= Goal of the exercise =
How do the lines below between the ones holding "filename crates/htl_func/src/types.rt" and "before their operator.", inclusive, read? Give them again exactly, with no other lines.

(Stored data entries)
------------------------------------------------------------

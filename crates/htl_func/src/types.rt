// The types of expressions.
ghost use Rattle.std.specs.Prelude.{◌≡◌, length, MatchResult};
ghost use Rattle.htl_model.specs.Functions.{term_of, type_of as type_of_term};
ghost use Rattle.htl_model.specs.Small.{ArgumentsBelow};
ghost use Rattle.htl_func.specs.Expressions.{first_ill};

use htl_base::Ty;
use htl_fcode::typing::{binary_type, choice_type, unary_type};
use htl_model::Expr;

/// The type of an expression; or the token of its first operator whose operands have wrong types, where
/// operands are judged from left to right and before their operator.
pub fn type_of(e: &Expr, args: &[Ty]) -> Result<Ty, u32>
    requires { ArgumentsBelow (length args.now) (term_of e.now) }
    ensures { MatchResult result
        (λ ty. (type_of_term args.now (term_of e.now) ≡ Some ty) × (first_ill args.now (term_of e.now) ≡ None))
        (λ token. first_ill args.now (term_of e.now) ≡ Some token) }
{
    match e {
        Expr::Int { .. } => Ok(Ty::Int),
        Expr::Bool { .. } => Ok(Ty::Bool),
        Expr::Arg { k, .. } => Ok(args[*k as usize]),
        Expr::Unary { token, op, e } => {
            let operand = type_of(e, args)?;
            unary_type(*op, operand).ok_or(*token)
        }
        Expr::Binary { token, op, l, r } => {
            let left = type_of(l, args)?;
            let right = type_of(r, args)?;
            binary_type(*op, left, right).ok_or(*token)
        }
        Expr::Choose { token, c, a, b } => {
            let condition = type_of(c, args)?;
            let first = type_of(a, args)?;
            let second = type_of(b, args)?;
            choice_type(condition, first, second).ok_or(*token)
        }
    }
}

------------------------------------------------------------

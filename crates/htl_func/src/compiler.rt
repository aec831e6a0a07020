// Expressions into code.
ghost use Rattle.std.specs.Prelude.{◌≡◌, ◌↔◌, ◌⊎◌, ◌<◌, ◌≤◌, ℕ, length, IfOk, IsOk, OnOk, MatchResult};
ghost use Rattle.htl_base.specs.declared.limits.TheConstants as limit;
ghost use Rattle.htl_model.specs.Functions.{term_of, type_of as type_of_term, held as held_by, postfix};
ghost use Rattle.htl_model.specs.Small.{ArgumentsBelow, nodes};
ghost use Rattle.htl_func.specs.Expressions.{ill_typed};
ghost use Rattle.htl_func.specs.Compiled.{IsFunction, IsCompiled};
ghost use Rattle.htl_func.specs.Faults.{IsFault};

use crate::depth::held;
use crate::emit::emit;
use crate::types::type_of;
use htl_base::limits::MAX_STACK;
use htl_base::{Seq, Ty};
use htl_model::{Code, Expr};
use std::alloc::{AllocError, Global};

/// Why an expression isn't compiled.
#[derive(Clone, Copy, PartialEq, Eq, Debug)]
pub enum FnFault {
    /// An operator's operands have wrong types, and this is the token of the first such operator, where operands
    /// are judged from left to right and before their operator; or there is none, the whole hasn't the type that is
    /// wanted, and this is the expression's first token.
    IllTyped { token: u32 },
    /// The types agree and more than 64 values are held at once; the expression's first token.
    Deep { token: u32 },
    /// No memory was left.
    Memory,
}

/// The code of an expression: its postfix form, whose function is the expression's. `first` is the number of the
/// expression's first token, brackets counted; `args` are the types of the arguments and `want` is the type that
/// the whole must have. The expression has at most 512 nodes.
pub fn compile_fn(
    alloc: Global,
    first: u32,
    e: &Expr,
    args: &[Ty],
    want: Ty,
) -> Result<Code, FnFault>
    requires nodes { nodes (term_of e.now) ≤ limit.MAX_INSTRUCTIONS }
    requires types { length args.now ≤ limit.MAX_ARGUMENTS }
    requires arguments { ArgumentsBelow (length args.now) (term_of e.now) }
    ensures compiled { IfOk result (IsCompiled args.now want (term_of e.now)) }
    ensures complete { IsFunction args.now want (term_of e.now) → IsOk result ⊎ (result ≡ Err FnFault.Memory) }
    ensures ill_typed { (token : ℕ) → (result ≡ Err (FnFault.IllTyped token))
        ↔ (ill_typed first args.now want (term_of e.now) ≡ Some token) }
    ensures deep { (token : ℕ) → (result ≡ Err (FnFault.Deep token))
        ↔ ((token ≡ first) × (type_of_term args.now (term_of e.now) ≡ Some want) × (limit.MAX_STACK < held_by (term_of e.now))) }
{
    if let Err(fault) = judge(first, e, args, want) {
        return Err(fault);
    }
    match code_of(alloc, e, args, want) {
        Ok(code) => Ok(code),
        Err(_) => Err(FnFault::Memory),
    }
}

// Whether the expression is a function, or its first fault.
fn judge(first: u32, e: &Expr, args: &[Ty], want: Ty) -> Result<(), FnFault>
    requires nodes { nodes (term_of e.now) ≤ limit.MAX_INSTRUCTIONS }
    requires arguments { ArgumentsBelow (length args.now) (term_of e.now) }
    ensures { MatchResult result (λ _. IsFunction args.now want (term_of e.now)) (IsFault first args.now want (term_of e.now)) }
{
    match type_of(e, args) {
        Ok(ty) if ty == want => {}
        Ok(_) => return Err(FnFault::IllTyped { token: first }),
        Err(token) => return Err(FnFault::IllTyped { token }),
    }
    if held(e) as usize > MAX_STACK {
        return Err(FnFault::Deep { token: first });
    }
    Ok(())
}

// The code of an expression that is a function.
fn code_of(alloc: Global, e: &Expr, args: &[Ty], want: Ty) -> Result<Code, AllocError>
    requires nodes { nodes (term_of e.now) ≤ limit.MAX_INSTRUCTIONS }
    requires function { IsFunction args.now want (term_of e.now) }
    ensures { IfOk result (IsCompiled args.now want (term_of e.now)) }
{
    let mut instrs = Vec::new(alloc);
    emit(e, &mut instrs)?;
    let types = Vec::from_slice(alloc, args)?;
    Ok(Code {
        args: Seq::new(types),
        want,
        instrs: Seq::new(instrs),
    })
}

------------------------------------------------------------

= Your response =
filename crates/htl_func/src/types.rt
// The types of expressions.
ghost use Rattle.std.specs.Prelude.{◌≡◌, length, MatchResult};
ghost use Rattle.htl_model.specs.Functions.{term_of, type_of as type_of_term};
ghost use Rattle.htl_model.specs.Small.{ArgumentsBelow};
ghost use Rattle.htl_func.specs.Expressions.{first_ill};

use htl_base::Ty;
use htl_fcode::typing::{binary_type, choice_type, unary_type};
use htl_model::Expr;

/// The type of an expression; or the token of its first operator whose operands have wrong types, where
/// operands are judged from left to right and before their operator.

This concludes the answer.